Let me tell you why we favor arbitration to resolve high bills resulting from out-of-network charges. There are some rules. The providers make their case. The payers make their case. And the decision is final and not appealable. It preserves negotiation.
Murray: I’d be less cautious. I mean, we’re running out of time, and I think the first place to start is to set a limit on prices for all out-of-network care. That would restore some degree of negotiating leverage to private insurers.
Galvin: If you want to talk about reality, your chance of having that happen is somewhere around zero. Providers are never going to stand for it.
Murray: But eventually, the political tides will change, and it will be an imperative. It will happen. I can guarantee that.
Start with California, Oregon, or other states that can get a large enough purchasing pool. They can generate leverage to show that a rate-setting system, maybe benchmarked to Medicare, can work.
Galvin: I love experimental designs.
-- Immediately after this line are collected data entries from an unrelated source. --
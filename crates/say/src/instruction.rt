//! The instruction that a word is.

ghost use Rattle.std.specs.Prelude.{◌≡◌};
ghost use Rattle.cpu.specs.Codes.{code_of};
ghost use Rattle.say.specs.Instructions.{basic_named, extracode_named, instruction_named};

use cpu::{Instruction, instruction_name};
use words::Word;

/// The instruction that a word is, under extracode or not.
#[tactic(auto, using(crate::proofs::InstructionNames::named_is))]
pub(crate) fn instruction_at(word: Word, extra: bool) -> Instruction
    ensures { result ≡ (code_of extra word).instruction }
{
    instruction_named(instruction_name(word, extra))
}

/// The instruction of a name.
fn instruction_named(name: &[u8]) -> Instruction
    ensures { result ≡ instruction_named name.now }
{
    match basic_named(name) {
        Some(instruction) => instruction,
        None => extracode_named(name),
    }
}

/// An instruction that needs no EXTEND, by its name.
fn basic_named(name: &[u8]) -> Option<Instruction>
    ensures { result ≡ basic_named name.now }
{
    if name == b"CA".as_slice() {
        Some(Instruction::Ca)
    } else if name == b"TS".as_slice() {
        Some(Instruction::Ts)
    } else if name == b"TC".as_slice() {
        Some(Instruction::Tc)
    } else if name == b"TCF".as_slice() {
        Some(Instruction::Tcf)
    } else if name == b"EXTEND".as_slice() {
        Some(Instruction::Extend)
    } else if name == b"AD".as_slice() {
        Some(Instruction::Ad)
    } else if name == b"CS".as_slice() {
        Some(Instruction::Cs)
    } else if name == b"CCS".as_slice() {
        Some(Instruction::Ccs)
    } else if name == b"INDEX".as_slice() {
        Some(Instruction::Index)
    } else if name == b"XCH".as_slice() {
        Some(Instruction::Xch)
    } else if name == b"DXCH".as_slice() {
        Some(Instruction::Dxch)
    } else if name == b"MASK".as_slice() {
        Some(Instruction::Mask)
    } else if name == b"ADS".as_slice() {
        Some(Instruction::Ads)
    } else if name == b"INCR".as_slice() {
        Some(Instruction::Incr)
    } else if name == b"LXCH".as_slice() {
        Some(Instruction::Lxch)
    } else if name == b"DAS".as_slice() {
        Some(Instruction::Das)
    } else if name == b"RESUME".as_slice() {
        Some(Instruction::Resume)
    } else if name == b"RELINT".as_slice() {
        Some(Instruction::Relint)
    } else if name == b"INHINT".as_slice() {
        Some(Instruction::Inhint)
    } else {
        None
    }
}

/// An instruction that needs EXTEND, by its name.
fn extracode_named(name: &[u8]) -> Instruction
    ensures { result ≡ extracode_named name.now }
{
    if name == b"BZF".as_slice() {
        Instruction::Bzf
    } else if name == b"BZMF".as_slice() {
        Instruction::Bzmf
    } else if name == b"READ".as_slice() {
        Instruction::Read
    } else if name == b"WRITE".as_slice() {
        Instruction::Write
    } else if name == b"RAND".as_slice() {
        Instruction::Rand
    } else if name == b"WAND".as_slice() {
        Instruction::Wand
    } else if name == b"ROR".as_slice() {
        Instruction::Ror
    } else if name == b"WOR".as_slice() {
        Instruction::Wor
    } else if name == b"RXOR".as_slice() {
        Instruction::Rxor
    } else if name == b"DV".as_slice() {
        Instruction::Dv
    } else if name == b"MP".as_slice() {
        Instruction::Mp
    } else if name == b"SU".as_slice() {
        Instruction::Su
    } else if name == b"MSU".as_slice() {
        Instruction::Msu
    } else if name == b"QXCH".as_slice() {
        Instruction::Qxch
    } else if name == b"AUG".as_slice() {
        Instruction::Aug
    } else if name == b"DIM".as_slice() {
        Instruction::Dim
    } else if name == b"DCA".as_slice() {
        Instruction::Dca
    } else if name == b"DCS".as_slice() {
        Instruction::Dcs
    } else {
        Instruction::Edrupt
    }
}
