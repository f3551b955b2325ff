//! The places of which a sentence tells.

ghost use Rattle.std.specs.Prelude.{◌≡◌};
ghost use Rattle.cpu.specs.Codes.{code_of};
ghost use Rattle.cpu.specs.Effects.{place_in};
ghost use Rattle.cpu.specs.Inputs.{carried_by};
ghost use Rattle.cpu.specs.Operands.{address_of};
ghost use Rattle.say.specs.Told.{counter_places, executed_places, first_place, input_places};
ghost use Rattle.say.specs.Told.{no_places, places_of, second_address};

use crate::instruction::instruction_at;
use cpu::{Fetched, Input, Instruction, Machine, NextStep, named_address};
use feed::{Asks, Counter};
use space::resolve::resolve;
use space::{Addr12, Chan, Eras, Linear};

/// Addresses of 10 bits.
const SHORT: u16 = 0o2000;

/// The places of which a sentence tells.
#[derive(Clone, Copy)]
pub(crate) struct Places {
    /// Where an operand leads, of two words that follow one another the first's; or a counter.
    pub(crate) first: Linear,
    /// Where the second of two words is; or the counter into which a counter's overflow is carried.
    pub(crate) second: Linear,
    /// A channel.
    pub(crate) channel: Chan,
}

/// The places of which the sentence of the next step tells.
pub(crate) fn places_of(machine: &Machine, step: &NextStep) -> Places
    ensures { result ≡ places_of machine.now step.now }
{
    match step {
        NextStep::Takes(input) => input_places(*input),
        NextStep::Enters(_) => no_places(),
        NextStep::Executes(fetched) => executed_places(machine, fetched),
    }
}

/// Those of an instruction.
#[tactic(auto, unfolding(cpu::specs::Effects::place_in))]
fn executed_places(machine: &Machine, fetched: &Fetched) -> Places
    ensures { result ≡ executed_places machine.now fetched.now }
{
    let banks = machine.store().banks();
    let first = match named_address(fetched.word, fetched.extra) {
        Some(address) => resolve(address, banks),
        None => Linear::Erasable(Eras::A),
    };
    let word = fetched.word.to_u16();
    let second = second_address(instruction_at(fetched.word, fetched.extra), word);
    Places {
        first,
        second: resolve(second, banks),
        channel: Chan::of_low_bits(word),
    }
}

/// The address of the second of two words.
fn second_address(instruction: Instruction, word: u16) -> Addr12
    ensures { result ≡ second_address instruction word }
{
    match instruction {
        Instruction::Das => Addr12::of_low_bits(word % SHORT),
        Instruction::Dxch => Addr12::of_low_bits(word % SHORT),
        _ => Addr12::of_low_bits(word),
    }
}

/// Those of an input.
fn input_places(input: Input) -> Places
    ensures { result ≡ input_places input }
{
    match input {
        Input::Count(counter, _) => counter_places(counter, carried_by(counter.asks())),
        Input::Word(channel, _) => Places {
            first: Linear::Erasable(Eras::A),
            second: Linear::Erasable(Eras::A),
            channel,
        },
        Input::Interrupt(_) => no_places(),
    }
}

/// Those of a counter, and of the one into which its overflow is carried.
fn counter_places(counter: Counter, other: Option<Counter>) -> Places
    ensures { result ≡ counter_places counter other }
{
    let first = Linear::Erasable(counter.place());
    let second = match other {
        Some(other) => Linear::Erasable(other.place()),
        None => first,
    };
    Places {
        first,
        second,
        channel: Chan::of_low_bits(0),
    }
}

/// The counter into which an overflow is carried.
pub(crate) fn carried_by(asks: Asks) -> Option<Counter>
    ensures { result ≡ carried_by asks }
{
    match asks {
        Asks::CarryInto(counter) => Some(counter),
        _ => None,
    }
}

/// Nothing of which a sentence tells.
fn no_places() -> Places
    ensures { result ≡ no_places }
{
    Places {
        first: Linear::Erasable(Eras::A),
        second: Linear::Erasable(Eras::A),
        channel: Chan::of_low_bits(0),
    }
}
I love that Maryland does what it’s doing. I love that Washington and Oregon are doing what they’re doing, and all my companies in the business I run are doing what they’re doing.
The biggest point I’m making is not that the market is going to solve this. The point is that we need to be thoughtful and incremental in trying to restrain high provider prices. And I think we ought to be careful about the impact on complex systems that setting prices might have.
Murray: And I agree with you. It can’t be one size fits all.…But we are running out of time. And the first place to start is to set limits on out-of-network bills because it would restore some degree of leverage to private insurers.
I’m not for making changes that substantially disrupt the health care delivery system, but my concern is that the longer we wait, the more we risk having to make more disruptive changes down the road.
Dr. Robert Galvin is the CEO of Equity Healthcare and an Operating Partner at Blackstone. Before joining Blackstone, Dr. Galvin was Executive Director of Health Services and Chief Medical Officer for General Electric. He is a member of the Institute of Medicine, an adjunct professor at Yale, and a board member of TeamHealth, a national provider of emergency room and other physician outsourced services that Blackstone owns.
Robert Murray is the president of Global Health Payment, a health care consulting firm with experience in the development and implementation of alternative prospective payment systems, including hospital global budgets and physician shared savings programs. Mr. Murray served as the executive director of Maryland’s hospital rate setting agency, the Health Services Cost Review Commission from 1994 to 2011.